Scope of work included:
(4) 8.5x11 inch signs
(60) Quarter page handbills
(1) Website banner ad
(5) 16x20 inch gift posters & promotional signs
(1) 32x52 inch dalek display poster mounted to board
(6) 33x74.5 inch tardis box & other associated printed elements for full scale dimensional display construction
(30) Event day photography

16x20 inch gift poster display sign at event. Tardis in background.

04 June 2014

Two Winning Library Marketing Design Entries at the 2014 Best of Show Awards at PR Xchange

Cover of winning THINK... newsletter / program guide / calendar of events.

Congratulations !

In May I was notified that I received two 2014 National PR Xchange Best of Show Awards from the Library Leadership Administration and Management Association's Public Relations and Marketing Section of the American Library Association. The winning entries were for a brochure titled "Things With Wings" and for the electronic version of our library newsletter, THINK... which is delivered as both print and online products. 
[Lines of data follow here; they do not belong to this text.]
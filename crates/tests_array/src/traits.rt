//! What equality, order, hash, copy, default and operators of arrays are.
//!
//! Each function does what its name says, and its contract is the promise: so a body of an impl
//! that breaks it is refused, though no contract of the layer names it.

ghost use Rattle.std.specs.Prelude.{◌≡◌, ◌↔◌, ◌&&◌, ◌||◌, IsTrue, Ok, false, map, not, replicate};
ghost use Rattle.std.specs.Cmp.Lexicographic.{slice_cmp};
ghost use Rattle.std.specs.Ordering.{bool_cmp};
ghost use Rattle.bitvec.specs.Digit.{exclusive_or};
ghost use Rattle.bitvec.specs.Memory.{zip_with};
ghost use Rattle.bitvec_slice.specs.BitSlice.{slice_bits};
ghost use Rattle.bitvec_array.specs.Array.{array_len};
ghost use Rattle.bitvec_array.specs.BitArray.{array_bits};

use bitvec::order::BitOrder;
use bitvec_array::array::BitArray;
use bitvec_slice::slice::BitSlice;
use std::alloc::AllocError;
use std::cmp::Ordering;
use std::hash::{Hash, Hasher};

// Arrays are compared by their bits.

fn compared_arrays<O: BitOrder<usize>, const N: usize>(
    here: &BitArray<O, N>,
    there: &BitArray<O, N>,
) -> (bool, Ordering)
    ensures equal { IsTrue result.0 ↔ (array_bits here.now ≡ array_bits there.now) }
    ensures order { result.1 ≡ slice_cmp bool_cmp (array_bits here.now) (array_bits there.now) }
{
    (*here == *there, here.cmp(there))
}

// An array is hashed as each slice of the same bits is.

fn hash_of_a_slice<O: BitOrder<usize>, H: Hasher, const N: usize>(
    array: &BitArray<O, N>,
    slice: BitSlice<'_, usize, O>,
    here: &mut H,
    there: &mut H,
)
    requires same { array_bits array.now ≡ slice_bits slice }
    requires state { here.old ≡ there.old }
    ensures { here.new ≡ there.new }
{
    array.hash(here);
    slice.hash(there);
}

// A copy is the same array, and a default has zeros alone.

fn copied_array<O: BitOrder<usize>, const N: usize>(
    array: &BitArray<O, N>,
) -> Result<BitArray<O, N>, AllocError>
    ensures { result ≡ Ok array.now }
{
    array.clone()
}

fn default_array<O: BitOrder<usize>, const N: usize>() -> BitArray<O, N>
    ensures { array_bits result ≡ replicate (array_len N) false }
{
    BitArray::default()
}

// Each operator combines bit by bit: those by value make an array, the others change one.

fn intersection<O: BitOrder<usize>, const N: usize>(
    here: BitArray<O, N>,
    there: BitArray<O, N>,
) -> BitArray<O, N>
    ensures { array_bits result ≡ zip_with (λ t s. t && s) (array_bits here) (array_bits there) }
{
    here & there
}

fn union_of<O: BitOrder<usize>, const N: usize>(
    here: BitArray<O, N>,
    there: BitArray<O, N>,
) -> BitArray<O, N>
    ensures { array_bits result ≡ zip_with (λ t s. t || s) (array_bits here) (array_bits there) }
{
    here | there
}

fn symmetric_difference<O: BitOrder<usize>, const N: usize>(
    here: BitArray<O, N>,
    there: BitArray<O, N>,
) -> BitArray<O, N>
    ensures { array_bits result ≡ zip_with exclusive_or (array_bits here) (array_bits there) }
{
    here ^ there
}

fn turned_array<O: BitOrder<usize>, const N: usize>(array: BitArray<O, N>) -> BitArray<O, N>
    ensures { array_bits result ≡ map not (array_bits array) }
{
    !array
}

fn cut_to_another<O: BitOrder<usize>, const N: usize>(
    array: BitArray<O, N>,
    other: BitArray<O, N>,
) -> BitArray<O, N>
    ensures { array_bits result
        ≡ zip_with (λ t s. t && s) (array_bits array) (array_bits other) }
{
    let mut both = array;
    both &= other;
    both
}

fn joined_with_another<O: BitOrder<usize>, const N: usize>(
    array: BitArray<O, N>,
    other: BitArray<O, N>,
) -> BitArray<O, N>
    ensures { array_bits result
        ≡ zip_with (λ t s. t || s) (array_bits array) (array_bits other) }
{
    let mut either = array;
    either |= other;
    either
}

fn turned_where_another_is<O: BitOrder<usize>, const N: usize>(
    array: BitArray<O, N>,
    other: BitArray<O, N>,
) -> BitArray<O, N>
    ensures { array_bits result
        ≡ zip_with exclusive_or (array_bits array) (array_bits other) }
{
    let mut one = array;
    one ^= other;
    one
}
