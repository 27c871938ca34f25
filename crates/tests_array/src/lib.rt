//! Arrays of bits, by the names that a user writes.
#![tactic(auto)]

#[cfg(test)]
mod callers;
#[cfg(test)]
mod counts;
#[cfg(test)]
mod examples;
#[cfg(test)]
mod prelude;
#[cfg(test)]
mod texts;
#[cfg(test)]
mod traits;
#[cfg(test)]
mod values;
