//! The examples in the documents of arrays.

use bitvec::order::{Lsb0, Msb0};
use bitvec::ptr::combine::{AndNot, Or, Xor};
use bitvec_array::array::BitArray;
use bitvec_slice::slice::BitSlice;
use std::test::Fail;

#[test]
fn an_array(rt: HostRuntime) -> Result<(), Fail> {
    let mut bits: BitArray<Lsb0, 2> = BitArray::zeros();
    bits.set(70, true);
    assert_eq!(rt; bits.len(), 128);
    assert_eq!(rt; bits.get(70), Some(true));
    assert_eq!(rt; bits.get(128), None);
    assert_eq!(rt; bits.into_words(), [0, 0x40]);
    Ok(())
}

#[test]
fn bits_of_words(rt: HostRuntime) -> Result<(), Fail> {
    let bits: BitArray<Msb0, 1> = BitArray::from_words([1]);
    assert_eq!(rt; bits.get(62), Some(false));
    assert_eq!(rt; bits.get(63), Some(true));
    Ok(())
}

#[test]
fn bits_for_writing(rt: HostRuntime) -> Result<(), Fail> {
    let mut bits: BitArray<Lsb0, 1> = BitArray::zeros();
    let mut slice = bits.as_mut_bitslice();
    slice.fill_range(4, 8, true);
    drop(slice);
    assert_eq!(rt; bits.into_words(), [0xF0]);
    Ok(())
}

#[test]
fn a_slice_into_an_array(rt: HostRuntime) -> Result<(), Fail> {
    let memory = [0xFFu8, 0, 0, 0, 0, 0, 0, 0x80];
    let slice = BitSlice::<u8, Lsb0>::all_unchecked(&memory);
    let mut bits: BitArray<Lsb0, 1> = BitArray::from_words([0x0F0F]);
    bits.combine_from::<AndNot, u8, Lsb0>(slice);
    assert_eq!(rt; bits.into_words(), [0x0F00]);
    Ok(())
}

#[test]
fn an_intersection(rt: HostRuntime) -> Result<(), Fail> {
    let mut bits: BitArray<Lsb0, 1> = BitArray::from_words([0b0011]);
    bits &= BitArray::from_words([0b0101]);
    assert_eq!(rt; bits.into_words(), [0b0001]);
    Ok(())
}

#[test]
fn operators(rt: HostRuntime) -> Result<(), Fail> {
    let low: BitArray<Lsb0, 1> = BitArray::from_words([0b0011]);
    let even: BitArray<Lsb0, 1> = BitArray::from_words([0b0101]);
    assert_eq!(rt; (low & even).into_words(), [0b0001]);
    assert_eq!(rt; (low | even).into_words(), [0b0111]);
    assert_eq!(rt; (low ^ even).into_words(), [0b0110]);
    assert_eq!(rt; (!low).get(1), Some(false));
    assert_eq!(rt; (!low).get(2), Some(true));
    Ok(())
}

#[test]
fn an_array_reversed(rt: HostRuntime) -> Result<(), Fail> {
    let mut bits: BitArray<Msb0, 1> = BitArray::from_words([0b1011]);
    bits.reverse();
    assert_eq!(rt; bits.into_words(), [0b1101 << 60]);
    Ok(())
}

#[test]
fn an_array_rotated(rt: HostRuntime) -> Result<(), Fail> {
    let mut bits: BitArray<Lsb0, 1> = BitArray::from_words([0b1011]);
    bits.rotate_right(60);
    assert_eq!(rt; bits.into_words(), [0b1011 << 60]);
    Ok(())
}

#[test]
fn a_number_in_an_array(rt: HostRuntime) -> Result<(), Fail> {
    let mut bits: BitArray<Lsb0, 1> = BitArray::zeros();
    bits.store_digits_le(4, 9, 43u32);
    assert_eq!(rt; bits.load_digits_le::<u8>(4, 9), 11);
    assert_eq!(rt; bits.into_words(), [11 << 4]);
    Ok(())
}

#[test]
fn a_part_in_another_order(rt: HostRuntime) -> Result<(), Fail> {
    let mut bits: BitArray<Lsb0, 1> = BitArray::from_words([0x13]);
    bits.reverse_range(0, 4);
    bits.invert_range(4, 6);
    assert_eq!(rt; bits.into_words(), [0x2C]);
    Ok(())
}

#[test]
fn a_slice_with_a_part(rt: HostRuntime) -> Result<(), Fail> {
    let memory = [0x0Fu8];
    let slice = BitSlice::<u8, Lsb0>::all_unchecked(&memory);
    let mut bits: BitArray<Lsb0, 1> = BitArray::from_words([0x3300]);
    bits.combine_from_range::<Xor, u8, Lsb0>(8, slice);
    assert_eq!(rt; bits.into_words(), [0x3C00]);
    Ok(())
}

#[test]
fn a_part_with_another(rt: HostRuntime) -> Result<(), Fail> {
    let mut bits: BitArray<Lsb0, 1> = BitArray::from_words([0x8001]);
    bits.combine_within::<Or>(0..13, 3);
    assert_eq!(rt; bits.into_words(), [0x8009]);
    Ok(())
}

#[test]
fn an_intersection_with_a_slice(rt: HostRuntime) -> Result<(), Fail> {
    let memory = [0x0Fu8, 0, 0, 0, 0, 0, 0, 0x80];
    let slice = BitSlice::<u8, Lsb0>::all_unchecked(&memory);
    let mut bits: BitArray<Lsb0, 1> = BitArray::from_words([0x33]);
    bits.and_from(slice);
    assert_eq!(rt; bits.into_words(), [0x03]);
    Ok(())
}
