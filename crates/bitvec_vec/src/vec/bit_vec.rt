//! Vectors of bits, and their single bits.

ghost use Rattle.std.specs.Prelude.{◌≡◌, ◌≤◌, ◌<◌, ◌*◌, ◌↔◌, [], IsTrue, length, min};
ghost use Rattle.std.specs.Prelude.{slice_get, vec_len};
ghost use Rattle.bitvec.specs.Place.{region_max_bits};
ghost use Rattle.bitvec.specs.Span.{element, front_span};
ghost use Rattle.bitvec_vec.specs.Front.{words_for};
ghost use types.Logic.{sem};

use crate::vec::front::{MOST, span_of_front};
use bitvec::mem::BitRegister;
use bitvec::order::{BitOrder, Lsb0};
use bitvec::ptr::span::BitSpan;
use bitvec_slice::slice::{BitSlice, BitSliceMut};
use std::alloc::{Allocator, Global};
use std::marker::PhantomData;

/// A list of bits that can grow, in words of its own.
///
/// Its contract is that of a `Vec<bool>`: a vector is its list of truth values. It has the words
/// that the bits take, and no more. Those bits of the last word that lie behind the vector's are no
/// one's: no call tells of them.
///
/// A vector has at most 2305843009213693951 bits, as a span has. What would make it longer answers
/// `AllocError`, as where memory is refused, and leaves the list as it was; in the Rust crate both
/// panic.
///
/// A call that has the room it needs ([`capacity`](BitVec::capacity)) refuses nothing. Whether
/// memory that is asked for is refused is the allocator's to say. The contract that std gives an
/// allocator tells nothing of it, so no contract here does, as none of std's `Vec` does.
///
/// # Examples
///
/// ```
/// let mut bits = BitVec::<u8, Msb0>::new(rt.alloc());
/// bits.push(false)?;
/// bits.push(true)?;
/// assert_eq!(rt; bits.len(), 2);
/// assert_eq!(rt; bits.get(1), Some(true));
/// assert_eq!(rt; bits.pop(), Some(true));
/// assert_eq!(rt; bits.pop(), Some(false));
/// assert_eq!(rt; bits.pop(), None);
/// ```
#[derive(Drop)]
pub struct BitVec<R: BitRegister = usize, O: BitOrder<R> = Lsb0, A: Allocator = Global> {
    pub(crate) words: Vec<R, A>,
    pub(crate) len: usize,
    pub(crate) of: PhantomData<O>,
    pub ghost short: { len ≤ region_max_bits },
    pub ghost enough: { vec_len words ≡ words_for R.BITS len },
}

impl<R: BitRegister, O: BitOrder<R>, A: Allocator> BitVec<R, O, A> {
    ghost use Rattle.bitvec_slice.specs.BitSlice.{slice_span, slice_bits};
    ghost use Rattle.bitvec_slice.specs.BitSliceMut.{lent_span, lent_bits};
    ghost use Rattle.bitvec_vec.specs.BitVec.{vec_bits, bit_capacity};
    ghost use Rattle.bitvec_vec.specs.Lends.{vec_follows};

    /// How many bits there are. Constant time.
    pub fn len(&self) -> usize
        ensures { result ≡ length (vec_bits self.now) }
    {
        self.len
    }

    /// Whether there are none. Constant time.
    pub fn is_empty(&self) -> bool
        ensures { IsTrue result ↔ (vec_bits self.now ≡ []) }
    {
        self.len == 0
    }

    /// For how many bits there is room before memory is asked for. Constant time.
    pub fn capacity(&self) -> usize
        ensures { result ≡ bit_capacity self.now }
    {
        let bits = self.words.capacity().saturating_mul(usize::from(R::BITS));
        bits.min(MOST)
    }

    /// Its bits, for reading: a slice that begins with the first bit of its first word. Constant
    /// time.
    pub fn as_bitslice(&self) -> BitSlice<'_, R, O>
        ensures span { slice_span result ≡ front_span (length (vec_bits self.now)) }
        ensures bits { slice_bits result ≡ vec_bits self.now }
    {
        BitSlice::new_unchecked(span_of_front(self.len), self.words.as_slice())
    }

    /// Bit `i`, and `None` where there are no more than `i` bits. Constant time.
    pub fn get(&self, i: usize) -> Option<bool>
        ensures { result ≡ slice_get (vec_bits self.now) i }
    {
        if i < self.len {
            Some(self.get_unchecked(i))
        } else {
            None
        }
    }

    /// Bit `i`. Requires that there is one: [`len`](BitVec::len) is the test. Constant time.
    pub fn get_unchecked(&self, i: usize) -> bool
        requires { i < length (vec_bits self.now) }
        ensures { result ≡ element (vec_bits self.now) i }
    {
        let span: BitSpan<R, O> = span_of_front(self.len);
        span.read(self.words.as_slice(), i)
    }

    /// Its bits, borrowed for writing. Constant time.
    ///
    /// The vector is lent until the slice is used for the last time, and then has the slice's list.
    /// Code whose proof is to know what the vector's list becomes calls the vector's own edits.
    ///
    /// # Examples
    ///
    /// ```
    /// let mut bits = BitVec::<u8, Lsb0>::repeat(rt.alloc(), false, 10)?;
    /// let mut slice = bits.as_mut_bitslice();
    /// slice.invert();
    /// drop(slice);
    /// assert_eq!(rt; bits.as_bitslice().count_ones(), 10);
    /// ```
    pub fn as_mut_bitslice(&mut self) -> BitSliceMut<'_, R, O>
        ensures* writes_back { sem 𝓛 (vec_follows R.row O.row A.row A.Allocator self.entry result) }
        ensures span { lent_span result ≡ front_span (length (vec_bits self.old)) }
        ensures bits { lent_bits result ≡ vec_bits self.old }
    {
        BitSliceMut::new_unchecked(span_of_front(self.len), self.words.as_mut_slice())
    }
}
The official categories for these two winning entries are identified as:
Bibliographies / Booklists / Materials Promoting Collections - print category: 
Things With Wings Booklist Brochure,” $6 - $20 million budget category
Calendars of Events / Newsletters - electronic category:
THINK... Spring 2013  Newsletter & Program Guide,” $6 - $20 million budget category 

Considering there were 345 entries submitted by both public and private libraries nationwide and that contest committee chairs typically have entries judged by a panel of design, marketing communications and public relations professionals rather than librarians, it is an honor to be recognized for the design work I do on behalf of the library district I serve in Alachua County, Florida. A link to the winning issue (and other issues) of THINK... newsletter can be found here: http://www.aclib.us/think-archive .

Winning entries will be on display June 29, from 11:00am-1:30pm at the PR Xchange event which is part of the American Library Association annual conference, this year being held in Las Vegas. And, although I won't be personally in attendance, award certificates will be presented during the Best of Show Ceremony that same Sunday. The event provides an opportunity for visitors to browse through, be inspired by, and take home publicity materials offered by libraries around the country.

The annual Best of Show at PR Xchange recognizes the very best public relations materials produced by libraries in the past year. Entries will be evaluated based on content, originality, and design by a team of experts in public relations, graphic design, communications, and marketing who select the winner(s) in each category. The Best of Show Awards are sponsored by the Library Leadership Administration and Management Association's Public Relations and Marketing Section and are overseen by the PR XChange Committee. More information about the PR Xchange can be read here: http://www.ala.org/llama/awards/prxchange_bestofshow

In 2013, winning entries were posted on Flickr by the committee at https://www.flickr.com/photos/97060948@N06/sets/ (of which I had one winning entry that year also). So with that in mind, I anticipate the same might take place for these 2014 Best of Show winners as well.

Brochure exterior cover and interior panel views (placed on tan background for better viewing of dimensions).